1776-04-12, de Voltaire [François Marie Arouet] à Jean Le Rond d'Alembert.
Vous vous moquez toujours du poète ignorant
Qui de tant de héros a choisi Childebrand.

Mais ce Childebrand a été vingt ans Adonis; il a été Mars. Je lui ai eu dans deux occasions de ma vie les plus grandes obligations. Je dois donc me taire. Je souffre un peu de la disgrâce qu'il éprouve; car il me doit de l'argent; seconde raison pour me taire. Je lui avais conseillé de ménager des gens de lettres qui sont écoutés dans Paris; ce conseil lui a déplu; troisième raison pour me taire.

Vous savez, mon très cher philosophe, que Chabanon a la plus grande envie d'être des nôtres. Mais comme les octogénaires de notre tripot ne sont pas encore morts, ni moi non plus, j'attends pour vous en parler que ma place soit vacante.

Je devrais me taire encore sur un homme qui m'a fait du mal, et qui vous a fait un très petit bien, mais il faut que je vous en parle. J'apprends qu'il y a quelques copies dans Paris d'une lettre que je lui ai écrite. Ces copies sont toutes défigurées, et c'est ce qui arrive fort souvent. Je me crois obligé en conscience de vous envoyer une copie très fidéle, où il n'y a pas un mot de changé, afin que dans l'occasion mon cher Bertrand puisse rendre à Raton la justice qui lui est due.

Je vous prie quand vous serez de loisir, de me mander si vous croyez que les bracmanes aient autrefois reçu une astronomie complète d'un peuple qui n'existe plus. Mr Bailly votre confrère me paraît fort attaché à cette opinion. Il a beaucoup d'esprit et de sagacité; son livre est un roman céleste. Pour l'anneau de Saturne, cela passe mes forces.

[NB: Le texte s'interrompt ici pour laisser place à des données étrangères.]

// Laws of sound maps behind the writes of one row.
ghost use Rattle.std.specs.Prelude.{◌≡◌, ℕ, ◌&&◌, not, filter, false, List, [], ◌∷◌, ◌++◌, true, length, Some, None};
ghost use Rattle.std.specs.List.{AllByRecursion, slice_get};
ghost use Rattle.std.specs.Ordering.{is_eq};
ghost use Rattle.std.specs.FinMap.Entries.{find, is_sorted};
ghost use Rattle.rdb_types.specs.declared.keys.Dbkey.{Dbkey as Place};
ghost use Rattle.rdo_ast.specs.Tree.{Name};
ghost use Rattle.rdb_meaning.specs.declared.tables.Relation.{Relation as Rows};
ghost use Rattle.rdb_meaning.specs.declared.tables.Tables.{Tables as Kept};
ghost use Rattle.rdb_meaning.specs.Contents.{Row, relation_named, rows_changed, with_row, without_row, key_of, is_used, is_taken};
ghost use Rattle.rdb_meaning.specs.Execution.{may_be_given, nowhere};
ghost use Rattle.line_view.specs.Knowledge.{Lines, IsInOrder, line_in, laid};
ghost use Rattle.line_view.specs.declared.writes.Write.{Write};
ghost use Rattle.line_view.specs.Writes.{laid_all};
ghost use Rattle.catalog_lines.specs.declared.line.IndexLine.{IndexLine};
ghost use Rattle.catalog_lines.specs.declared.line.CatalogLine.TheVariants.{Index};
ghost use Rattle.sound_lines.specs.catalog.declared.directory.PlacedLine.{PlacedLine as Line};
ghost use Rattle.sorted_index_laws.specs.Tree.{pairs};
ghost use Rattle.sorted_index_laws.specs.Changes.{pair_of, with_pair, without_pair, has_key, Leaves};
ghost use Rattle.sorted_index_laws.specs.Insertion.{IsNew};
ghost use Rattle.sound_lines.specs.catalog.declared.reading.Catalog.{Catalog as Directory};
ghost use Rattle.record_format.specs.Rows.{IsRowImage};
ghost use Rattle.sound_lines.specs.relation_rows.declared.stored.StoredRelation.{StoredRelation as Stored};
ghost use Rattle.sound_lines.specs.relation_rows.Stored.{IsRowOf, are_values_of};
ghost use Rattle.schema_alone.specs.Schema.{OneSchema};
ghost use Rattle.sound_lines.specs.Contents.{versions_in, version_of, stored, AreTablesWith, AreTablesOf};
ghost use Rattle.sound_lines.specs.Sound.{IsSound, IsSoundIndex, relation_in, versions_rise};
ghost use Rattle.sound_lines.specs.relation_rows.Indexed.{pairs_of};
ghost use Rattle.rdb_types.specs.Order.{dbkey_order};
ghost use Rattle.sound_changes.specs.Standing.{IsSoundFor, IsSoundAs, tables_for, IsDone};
ghost use Rattle.sound_changes.specs.InTurn.{IsPairPut, IsPairMoved, IsPairTaken, Turn, InTurn, laid_in_turn, AreIndexesOn};

/// A sound map has a catalog and tables, and a map that is sound with some has these.
pub fn is_sound_as()
    ensures of { (all : Lines) → IsInOrder all → (is : IsSound all) → IsSoundAs all is.catalog is.tables }
    ensures sound { (all : Lines) (c : Directory) (t : Kept) → IsSoundAs all c t → IsSound all }
    ensures tables { (all : Lines) (c : Directory) (t : Kept) → IsSoundAs all c t → AreTablesOf all t }
{}

/// Behind the write of a row's line the map is sound but for the indexes of the relation, which are those of the rows before.
pub fn a_row_is_written()
    ensures put { (all : Lines) (c : Directory) (t : Kept) (n : Name) (rel : Rows) (key : Place) (image : List ℕ) (row : Row)
        → IsSoundAs all c t → relation_named n t ≡ Some rel → key.area ≡ rel.area → IsRowOf (stored (version_of n (versions_in c.lines)) rel) image row
        → IsSoundFor (laid key (Some image) all) c (with_row n key row t) (tables_for rel.area [] t (with_row n key row t)) }
    ensures erase { (all : Lines) (c : Directory) (t : Kept) (n : Name) (rel : Rows) (key : Place)
        → IsSoundAs all c t → relation_named n t ≡ Some rel → key.area ≡ rel.area
        → IsSoundFor (laid key None all) c (without_row n key t) (tables_for rel.area [] t (without_row n key t)) }
{}

/// Once the indexes of the relation are done, or where it has none, the map is sound.
pub fn indexes_are_done()
    ensures { (all : Lines) (c : Directory) (area : ℕ) (done : List ℕ) (before after : Kept) → IsSoundFor all c after (tables_for area done before after)
        → AllByRecursion (λ p. IsDone area done p.line) c.lines → IsSoundAs all c after }
{}

/// An index of the relation that isn't done yet is that of the rows before, in which a new row's pair isn't.
pub fn an_index_waits()
    ensures own { (all : Lines) (c : Directory) (t : Kept) (n : Name) (rel : Rows) → IsSoundAs all c t → relation_named n t ≡ Some rel → relation_in rel.area t.relations ≡ Some rel }
    ensures index { (all : Lines) (c : Directory) (done : List ℕ) (t after : Kept) (rel : Rows) (i : ℕ) (p : Line) (x : IndexLine)
        → IsSoundFor all c after (tables_for rel.area done t after) → relation_in rel.area t.relations ≡ Some rel
        → slice_get c.lines i ≡ Some p → p.line ≡ Index x → x.relation ≡ rel.area → is_used x.area done ≡ false → IsSoundIndex all x (Some rel) }
    ensures pair { (positions : List ℕ) (key : Row) (k : Place) (rows : List (Place × Row)) → find dbkey_order k rows ≡ None → IsNew (pair_of key k) (pairs_of positions rows) }
{}

/// Behind the writes that put a new row's pair into an index of the relation, the index is done.
pub fn a_pair_is_put()
    ensures { (all : Lines) (c : Directory) (done : List ℕ) (t : Kept) (n : Name) (rel : Rows) (key : Place) (row : Row) (i : ℕ) (p : Line) (x : IndexLine) (writes : List Write)
        → IsSoundFor all c (with_row n key row t) (tables_for rel.area done t (with_row n key row t)) → relation_named n t ≡ Some rel → find dbkey_order key rel.rows ≡ None
        → slice_get c.lines i ≡ Some p → p.line ≡ Index x → x.relation ≡ rel.area
        → (old : IsSoundIndex all x (Some rel)) → Leaves all x.root old.is.level old.is.tree writes (with_pair (pair_of (key_of x.fields row) key) (pairs old.is.level old.is.tree))
        → (x.unique && has_key (key_of x.fields row) (pairs old.is.level old.is.tree)) ≡ false
        → IsSoundFor (laid_all writes all) c (with_row n key row t) (tables_for rel.area (x.area ∷ done) t (with_row n key row t)) }
{}

/// Behind the writes that move the pair of a changed row, that take out the pair of an erased one, or where the key stays, the index is done.
pub fn a_pair_is_moved()
    ensures sorted { (all : Lines) (c : Directory) (t : Kept) (n : Name) (rel : Rows) → IsSoundAs all c t → relation_named n t ≡ Some rel → is_sorted dbkey_order rel.rows ≡ true }
    ensures moved { (all : Lines) (c : Directory) (done : List ℕ) (t : Kept) (n : Name) (rel : Rows) (key : Place) (was row : Row) (i : ℕ) (p : Line) (x : IndexLine) (first second : List Write)
        → IsSoundFor all c (with_row n key row t) (tables_for rel.area done t (with_row n key row t)) → relation_named n t ≡ Some rel → is_sorted dbkey_order rel.rows ≡ true → find dbkey_order key rel.rows ≡ Some was
        → slice_get c.lines i ≡ Some p → p.line ≡ Index x → x.relation ≡ rel.area → (old : IsSoundIndex all x (Some rel))
        → (gone : Leaves all x.root old.is.level old.is.tree first (without_pair (pair_of (key_of x.fields was) key) (pairs old.is.level old.is.tree)))
        → Leaves (laid_all first all) x.root gone.level gone.tree second (with_pair (pair_of (key_of x.fields row) key) (pairs gone.level gone.tree))
        → (x.unique && has_key (key_of x.fields row) (pairs gone.level gone.tree)) ≡ false
        → IsSoundFor (laid_all (first ++ second) all) c (with_row n key row t) (tables_for rel.area (x.area ∷ done) t (with_row n key row t)) }
    ensures stays { (all : Lines) (c : Directory) (done : List ℕ) (t : Kept) (n : Name) (rel : Rows) (key : Place) (was row : Row) (i : ℕ) (p : Line) (x : IndexLine)
        → IsSoundFor all c (with_row n key row t) (tables_for rel.area done t (with_row n key row t)) → relation_named n t ≡ Some rel → is_sorted dbkey_order rel.rows ≡ true → find dbkey_order key rel.rows ≡ Some was
        → slice_get c.lines i ≡ Some p → p.line ≡ Index x → x.relation ≡ rel.area → IsSoundIndex all x (Some rel) → key_of x.fields was ≡ key_of x.fields row
        → IsSoundFor all c (with_row n key row t) (tables_for rel.area (x.area ∷ done) t (with_row n key row t)) }
    ensures goes { (all : Lines) (c : Directory) (done : List ℕ) (t : Kept) (n : Name) (rel : Rows) (key : Place) (was : Row) (i : ℕ) (p : Line) (x : IndexLine) (writes : List Write)
        → IsSoundFor all c (without_row n key t) (tables_for rel.area done t (without_row n key t)) → relation_named n t ≡ Some rel → is_sorted dbkey_order rel.rows ≡ true → find dbkey_order key rel.rows ≡ Some was
        → slice_get c.lines i ≡ Some p → p.line ≡ Index x → x.relation ≡ rel.area → (old : IsSoundIndex all x (Some rel))
        → Leaves all x.root old.is.level old.is.tree writes (without_pair (pair_of (key_of x.fields was) key) (pairs old.is.level old.is.tree))
        → IsSoundFor (laid_all writes all) c (without_row n key t) (tables_for rel.area (x.area ∷ done) t (without_row n key t)) }
{}

/// The tables of a map have the schema of its catalog, and keep it where the rows of a relation change.
pub fn the_schema_stays()
    ensures catalog { (all : Lines) (c : Directory) (t : Kept) → AreTablesWith all c t → OneSchema c.tables t }
    ensures rows { (n : Name) (f : List (Place × Row) → List (Place × Row)) (t : Kept) → OneSchema t (rows_changed n f (relation_named n t) t) }
{}

/// A row that fits its relation's fields is stored in the relation's version.
pub fn a_fitting_row_is_stored()
    ensures { (r : Stored) (image : List ℕ) (row : Row) → IsRowImage image r.version row → length row ≡ length r.fields.now
        → versions_rise 1 r.version r.fields.now ≡ true → are_values_of r.fields.now row ≡ true → IsRowOf r image row }
{}

/// A room of the relation's area that was free at the start of the statement and is free now may be given to a row.
pub fn a_room_may_be_given()
    ensures free { (all : Lines) (c : Directory) (t : Kept) (n : Name) (rel : Rows) (key : Place) → IsSoundAs all c t → relation_named n t ≡ Some rel → line_in key all ≡ None → find dbkey_order key rel.rows ≡ None }
    ensures given { (first now : Lines) (c : Directory) (start t : Kept) (n : Name) (rel : Rows) (key : Place) → IsSoundAs first c start → IsSoundAs now c t → relation_named n t ≡ Some rel → key.area ≡ rel.area
        → line_in key first ≡ None → line_in key now ≡ None → may_be_given n key start t ≡ true }
{}

/// Another row has the key of a row where the index of the other rows has it.
pub fn a_key_is_taken()
    ensures taken { (positions : List ℕ) (row : Row) (own : Place) (rows : List (Place × Row)) → is_taken positions row own rows ≡ has_key (key_of positions row) (pairs_of positions (filter (λ e. not (is_eq (dbkey_order own e.0))) rows)) }
    ensures new { (own : Place) (rows : List (Place × Row)) → find dbkey_order own rows ≡ None → filter (λ e. not (is_eq (dbkey_order own e.0))) rows ≡ rows }
    ensures nowhere { (all : Lines) (c : Directory) (t : Kept) (n : Name) (rel : Rows) (positions : List ℕ) (row : Row) (key : Place) → IsSoundAs all c t → relation_named n t ≡ Some rel
        → find dbkey_order key rel.rows ≡ None → is_taken positions row nowhere rel.rows ≡ is_taken positions row key rel.rows }
{}

/// The versions of a relation's fields rise from 1 to the one in which its rows are stored.
pub fn a_relation_has_its_version()
    ensures rise { (all : Lines) (c : Directory) (t : Kept) (n : Name) (rel : Rows) → IsSoundAs all c t → relation_named n t ≡ Some rel → versions_rise 1 (version_of n (versions_in c.lines)) rel.fields ≡ true }
{}

/// A row is stored, modified or erased in a relation with any number of indexes, unique or not: behind its line and the turn of each index the map is sound, with the tables of the meaning.
pub fn a_row_goes_through_its_indexes()
    ensures store { (all : Lines) (c : Directory) (t : Kept) (n : Name) (rel : Rows) (key : Place) → IsSoundAs all c t → relation_named n t ≡ Some rel → key.area ≡ rel.area
        → (image : List ℕ) (row : Row) (turns : List Turn) → line_in key all ≡ None → IsRowOf (stored (version_of n (versions_in c.lines)) rel) image row
        → AreIndexesOn c rel.area [] turns → InTurn (IsPairPut rel key row) (laid key (Some image) all) turns
        → IsSoundAs (laid_in_turn turns (laid key (Some image) all)) c (with_row n key row t) }
    ensures modify { (all : Lines) (c : Directory) (t : Kept) (n : Name) (rel : Rows) (key : Place) → IsSoundAs all c t → relation_named n t ≡ Some rel → key.area ≡ rel.area
        → (image : List ℕ) (was row : Row) (turns : List Turn) → find dbkey_order key rel.rows ≡ Some was → IsRowOf (stored (version_of n (versions_in c.lines)) rel) image row
        → AreIndexesOn c rel.area [] turns → InTurn (IsPairMoved rel key was row) (laid key (Some image) all) turns
        → IsSoundAs (laid_in_turn turns (laid key (Some image) all)) c (with_row n key row t) }
    ensures erase { (all : Lines) (c : Directory) (t : Kept) (n : Name) (rel : Rows) (key : Place) → IsSoundAs all c t → relation_named n t ≡ Some rel → key.area ≡ rel.area
        → (was : Row) (turns : List Turn) → find dbkey_order key rel.rows ≡ Some was
        → AreIndexesOn c rel.area [] turns → InTurn (IsPairTaken rel key was) (laid key None all) turns
        → IsSoundAs (laid_in_turn turns (laid key None all)) c (without_row n key t) }
{}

Ce qui ne passe pas ma portée, c'est de sentir une partie de votre mérite, de le révérer de loin, ce qui me fâche beaucoup, et de vous aimer de tout mon cœur, ce qui fait ma consolation.

Vous ne m'avez point mandé si ce sculpteur, nomme Poncet ou Poncetti, avait obtenu de vous la permission de faire votre buste. Son ambition était de sculpter mr Turgot et vous.